After Hansen (24-0) won an 8-2 decision on the title mat at 152 over Wheaton North’s Logan Balosky, he spoke about the path he’s traveled since last season, aimed squarely at getting him ready for the downstate task at hand.

“I went to train and a new club, with Greg Gomez in West Chicago, and as soon as I hit that room — the partners, the coaching — I started to benefit from it. I went there every day throughout the summer and winter, night times, weekends, or mornings. A lot of what I gained was the mentality to not take (anything) from anyone. It’s the mentality to constantly keep going, to attack-attack-attack. After I got there, that got nailed into me.”

The title match at 160 saw Batavia’s top-ranked Mikey Caliendo improve to 30-0. Caliendo posted a fall and then a tech fall win before St. Charles East’s Chiaro injury defaulted to him on the title mat.

The sectional title at 170 went to Conant’s Jack Hominac. Hominac won a 6-1 decision for the title over Glenbard North’s Dertz in improving to 25-1 heading into Springfield.

Hominac was a state qualifier last year at 170 as well but did not medal in Champaign. But he considers his time at the state finals “a great experience,” Hominac said.

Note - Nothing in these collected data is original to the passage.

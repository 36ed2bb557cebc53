//! Lists of patterns and counts, and bytes with escapes, as a queue writes them.
ghost use Rattle.std.specs.Prelude.{◌<◌, length, IfOk};

use readings::names::UnknownForm;
use std::alloc::{AllocError, AllocFailed, Global};
use std::num::ParseIntError;

/// Why no step was read.
#[derive(Clone, Copy)]
pub enum ReadError {
    /// The text writes no step.
    NoStep,
    Memory(AllocError),
}

impl From<AllocError> for ReadError {
    fn from(error: AllocError) -> ReadError {
        ReadError::Memory(error)
    }
}

impl<T: Drop> From<AllocFailed<T>> for ReadError {
    fn from(failed: AllocFailed<T>) -> ReadError {
        ReadError::Memory(AllocError::from(failed))
    }
}

impl From<ParseIntError> for ReadError {
    fn from(_error: ParseIntError) -> ReadError {
        ReadError::NoStep
    }
}

impl From<UnknownForm> for ReadError {
    fn from(_unknown: UnknownForm) -> ReadError {
        ReadError::NoStep
    }
}

/// Elements parted by commas, each as `read` reads it.
pub(crate) fn read_list<T: Drop, F: Fn(&str) -> Result<T, ReadError>>(
    heap: Global,
    list: &str,
    read: F,
) -> Result<Vec<T>, ReadError>
    requires call { F.IsAlwaysCallable read }
{
    if list.is_empty() {
        return Ok(Vec::new(heap));
    }
    // a closure: whether `read` itself may be called at each piece is not proved
    list.split(',').map(|text| read(text)).try_collect(heap)
}

/// A count in decimal.
pub(crate) fn read_count(text: &str) -> Result<i32, ReadError> {
    Ok(text.parse::<i32>()?)
}

/// The pattern of 16 digits.
pub(crate) fn read_pattern(text: &str) -> Result<u64, ReadError> {
    if text.len() != 16 {
        return Err(ReadError::NoStep);
    }
    let mut pattern = 0;
    for byte in text.bytes() {
        pattern = pattern << 4 | u64::from(read_digit(byte)?);
    }
    Ok(pattern)
}

/// The value of a hexadecimal digit, written small.
// not by char::to_digit, which takes capital letters too
fn read_digit(byte: u8) -> Result<u8, ReadError> {
    match byte {
        b'0'..=b'9' => Ok(byte - b'0'),
        b'a'..=b'f' => Ok(byte - b'a' + 10),
        _ => Err(ReadError::NoStep),
    }
}

/// The bytes of a text in which `\t`, `\n`, `\\` and `\x` with two digits each stand for one byte.
pub(crate) fn read_bytes(heap: Global, text: &[u8]) -> Result<Vec<u8>, ReadError> {
    let mut bytes = Vec::new(heap);
    let mut rest = text;
    while !rest.is_empty() {
        let (byte, behind) = split_byte(rest)?;
        bytes.push(byte)?;
        rest = behind;
    }
    Ok(bytes)
}

/// The byte that a text begins with, and the text behind what writes it.
fn split_byte(text: &[u8]) -> Result<(u8, &[u8]), ReadError>
    ensures after { IfOk result (λ read. length read.1.now < length text.now) }
{
    match text {
        [b'\\', b't', rest @ ..] => Ok((b'\t', rest)),
        [b'\\', b'n', rest @ ..] => Ok((b'\n', rest)),
        [b'\\', b'\\', rest @ ..] => Ok((b'\\', rest)),
        [b'\\', b'x', high, low, rest @ ..] => {
            Ok((read_digit(*high)? << 4 | read_digit(*low)?, rest))
        }
        [b'\\', ..] | [] => Err(ReadError::NoStep),
        [plain, rest @ ..] => Ok((*plain, rest)),
    }
}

“My first match down there was (Huntley’s) David Ferrante, who went on to win state. The whole experience kept me hungry for this year. I saw the guys on the podium and I want to be on that podium.”

Hominac is hungry, but as a senior he’s also making a conscious effort to value what time he has left as a high school wrestler.

“Sometimes it’s hard to remember that you’re really just trying to have fun but this year, being my last year in high school, it makes me stop and look around every now and then and just kind of take it all in.”

Lake Park senior Ryan Riser (21-2) won the sectional crown at 182 with an 8-2 decision over Glenbard North’s Kradle. Riser won 9-6 over Kradle in a regional title match one week prior.

“Yeah, but that didn’t mean anything,” Riser said. “He was just another kid I had to go through. It can help or hurt both of us and today it obviously helped me.”
Like many wrestlers present in St. Charles, Riser used last year’s sectional struggles to propel himself in his senior year.

“I made a promise to myself that that wouldn’t happen again,” Riser said. “I want to be a state champ. My coaches at Lake Park just made me a lot better. They helped me focus on my style, how to control the match and make it my match. Now I just go out and do what I do. I’m breaking kids this year, making them not want to come back and wrestle me. I have more technique and overall I’m just a better wrestler than I was last year.”

Glenbard North’s Patrick Curran improved to 21-2 at 195 with his 9-6 title-mat decision over Glenbard West’s Phillip Dozier, and Wheaton North’s Cam’Ron Harper (10-1) became a sectional champ with a first-period pin of Glenbard North’s Maday at 220.

Glenbard North heavyweight Robertson ended the day’s wrestling in St. Charles by winning his sectional crown via fall over Kevin Wingate of Maine East. Robertson (22-1) has added offense to his game this season and it has made all the difference. “Before, I didn’t really have any go-to shots. I was just wrestling like a standard heavy weight, like a typical Sumo-match,” Robertson said. “Now I’m at a new level.”

Cherry took over the Glenbard North program after the the 31-year, hall-of-fame coaching career of Mark Hahn ended last year. Cherry wrestled for Hahn at North, placing third at 215 in 2003, and he has his wrestlers wrestling with the same grit the Panthers were always known for under Hahn.

“It was a very smooth transition from coach Hahn into coach Cherry. We pretty much just picked up where we left off,” Robertson said. “Now it’s just about going out and wrestling (downstate). We’ve done everything we can and trained as hard as we can and now it’s all on the wrestlers. Our coaches have gotten us to where we want to be so now it’s up to us.”